7. **Using `ax.bar()` instead of `rounded_bars()`.** Square-topped bars
   read as "different aesthetic" — they don't belong in this register.
   Always use `rounded_bars()` for bar charts.
8. **Setting `ylim` after `rounded_bars()`.** Corner radii are computed
   at call time using current axis limits. Always set limits first.

## Export

```python
save_figure(fig, "figure_1")
# Saves figure_1.pdf and figure_1.png at 300 dpi with bbox_inches="tight"
# and facecolor matching the figure (white or cream)
```

For very large figures or print-quality posters:

```python
save_figure(fig, "poster_fig", formats=("pdf", "png"), dpi=600)
```

## Checklist before delivering

- [ ] `configure_style()` called *before* any plotting
- [ ] Title applied via `figure_title()` (bold, large, sentence case)
- [ ] Each panel labeled via `panel_subtitle()` (multi-panel only)
- [ ] Y-axis units / direction-of-better clear (badge or label suffix)
- [ ] Confidence band, smoothing, and scatter all in same color per series
- [ ] No grid, only bottom + left spines
- [ ] White background unless `cream_bg=True` was explicitly requested
- [ ] Exported as both PDF and PNG via `save_figure()`
- [ ] If used in a paper: figure also legible at 50% scale (sanity check)

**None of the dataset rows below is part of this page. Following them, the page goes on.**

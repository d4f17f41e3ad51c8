//! The tokens of a line, read forward.
ghost use Rattle.std.specs.Prelude.{◌≡◌, take, drop, IfOk};
ghost use Rattle.circuit_file.specs.Tokens.{is_number, number_in, all_numbers, numbers_in};

use std::alloc::{AllocError, Global};
use text_tokens::{Tokens, number};

pub(crate) fn is_number(token: &str) -> bool
    ensures { result ≡ is_number token.now }
{
    number(token).is_some()
}

/// The number that a token writes, or 0 where it writes none.
pub(crate) fn number_in(token: &str) -> u64
    ensures { result ≡ number_in token.now }
{
    number(token).unwrap_or(0)
}

/// What follows the first tokens.
pub(crate) fn after(mut tokens: Tokens<'_>, count: usize) -> Tokens<'_>
    ensures { result ≡ drop count tokens.entry }
{
    for at in 0..count {
        match tokens.next() {
            Some(_) => {}
            None => return tokens,
        }
    }
    tokens
}

/// Whether the first tokens are all numbers.
pub(crate) fn all_numbers(mut tokens: Tokens<'_>, count: usize) -> bool
    ensures { result ≡ all_numbers (take count tokens.entry) }
{
    for at in 0..count {
        match tokens.next() {
            Some(token) => {
                if !is_number(token) {
                    return false;
                }
            }
            None => return true,
        }
    }
    true
}

/// The numbers of the first tokens, 0 where one writes none.
pub(crate) fn numbers(
    alloc: Global,
    mut tokens: Tokens<'_>,
    count: usize,
) -> Result<Vec<u64>, AllocError>
    ensures { IfOk result (λ v. v.items ≡ numbers_in (take count tokens.entry)) }
{
    let mut found = Vec::new(alloc);
    for at in 0..count {
        match tokens.next() {
            Some(token) => found.push(number_in(token))?,
            None => return Ok(found),
        }
    }
    Ok(found)
}
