//! The operations that the gate lines of a layout name.
ghost use Rattle.std.specs.Prelude.{◌≡◌};
ghost use Rattle.circuit_file.specs.CircuitFiles.{is_bristol};
ghost use Rattle.circuit_file.specs.GateLines.{bristol_operation, ring_operation, operation_of};

use circuit_model::{CircuitLayout, Operation};

/// Whether the gates are Boolean.
pub(crate) fn is_bristol(layout: CircuitLayout) -> bool
    ensures { result ≡ is_bristol layout }
{
    match layout {
        CircuitLayout::Bristol => true,
        CircuitLayout::Ring => false,
    }
}

#[inline(always)]
fn bristol_operation(name: &[u8]) -> Option<Operation>
    ensures { result ≡ bristol_operation name.now }
{
    if name == b"XOR".as_slice() {
        Some(Operation::Xor)
    } else if name == b"AND".as_slice() {
        Some(Operation::And)
    } else if name == b"INV".as_slice() {
        Some(Operation::Inv)
    } else if name == b"EQ".as_slice() {
        Some(Operation::Eq)
    } else if name == b"EQW".as_slice() {
        Some(Operation::Eqw)
    } else {
        None
    }
}

#[inline(always)]
fn ring_operation(name: &[u8]) -> Option<Operation>
    ensures { result ≡ ring_operation name.now }
{
    if name == b"ADD".as_slice() {
        Some(Operation::Add)
    } else if name == b"SUB".as_slice() {
        Some(Operation::Sub)
    } else if name == b"MUL".as_slice() {
        Some(Operation::Mul)
    } else if name == b"NEG".as_slice() {
        Some(Operation::Neg)
    } else if name == b"EQ".as_slice() {
        Some(Operation::Eq)
    } else if name == b"EQW".as_slice() {
        Some(Operation::Eqw)
    } else {
        None
    }
}

/// The operation of this name.
pub(crate) fn operation_of(layout: CircuitLayout, name: &str) -> Option<Operation>
    ensures { result ≡ operation_of layout name.now }
{
    operation_named(layout, name.as_bytes())
}

/// The operation whose name has these bytes.
#[inline(always)]
#[tactic(auto, unfolding(crate::specs::GateLines::operation_of))]
pub(crate) fn operation_named(layout: CircuitLayout, name: &[u8]) -> Option<Operation>
    ensures { result ≡ operation_of layout name.now }
{
    match layout {
        CircuitLayout::Bristol => bristol_operation(name),
        CircuitLayout::Ring => ring_operation(name),
    }
}
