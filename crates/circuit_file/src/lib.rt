//! Circuit files in the two layouts, read exactly, and written: a file stands for one circuit, or has one first fault.
#![tactic(auto)]

mod file;
mod gate_line;
mod header;
mod laws;
mod layout;
mod scan;
mod tokens;
mod writer;

pub use file::read;
pub use laws::{a_written_circuit_is_read_back, each_file_has_one_answer};
pub use writer::write;
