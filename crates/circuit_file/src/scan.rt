//! Gate lines, read in one go as long as nothing is wrong with them.
ghost use Rattle.std.specs.Prelude.{◌≡◌, ◌≤◌, IfSome, MatchOption, length, take};
ghost use Rattle.circuit_file.specs.Steps.{TakesNumbers, IsFirstGate};

use crate::gate_line::{Form, ParsedGate};
use crate::layout::operation_named;
use circuit_model::CircuitLayout;
use gate_lines::{Cursor, Lines};

/// The numbers of the next two or three tokens.
fn take_wires(cursor: &mut Cursor<'_>, count: usize) -> Option<[u64; 3]>
    requires { (2 ≤ count) × (count ≤ 3) }
    ensures taken { IfSome result (λ wires. TakesNumbers cursor.old (take count wires) cursor.new) }
    ensures long { IfSome result (λ wires. length wires ≡ 3) }
{
    let first = cursor.number()?;
    let second = cursor.number()?;
    if count == 2 {
        return Some([first, second, 0]);
    }
    let third = cursor.number()?;
    Some([first, second, third])
}

/// What the next line says, if it has the form of a gate line with one or two input wires and one output wire.
/// Otherwise the lines stay.
#[inline(never)]
pub(crate) fn scan_gate(lines: &mut Lines<'_>, layout: CircuitLayout) -> Option<ParsedGate>
    ensures { MatchOption result (lines.new ≡ lines.old) (λ parsed. IsFirstGate layout lines.old parsed lines.new) }
{
    let mut cursor = lines.cursor();
    let line = cursor.line();
    let inputs = cursor.number()?;
    let outputs = cursor.number()?;
    if inputs == 0 || inputs > 2 || outputs != 1 {
        return None;
    }
    let count = (inputs + outputs) as usize;
    let wires = take_wires(&mut cursor, count)?;
    let operation = operation_named(layout, cursor.token()?)?;
    *lines = cursor.finish()?;
    let form = Form {
        operation,
        inputs: inputs as usize,
        wires: count,
    };
    Some(ParsedGate { line, form, wires })
}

## If the user has actual data

When real arrays or a CSV are provided:
1. Load the data first; print shapes and a head so the user can confirm.
2. Map columns to the recipe's variables. Don't invent placeholder data
   alongside theirs — replace synthetic data entirely.
3. If multiple seeds are present, prefer `fill_between(mean ± std)` over
   `rolling_band()`, which uses kernel smoothing instead.

When the user describes a figure conceptually with no data, generate
realistic synthetic data via `np.random.seed(...)` for reproducibility,
and clearly mark it as a placeholder in a comment.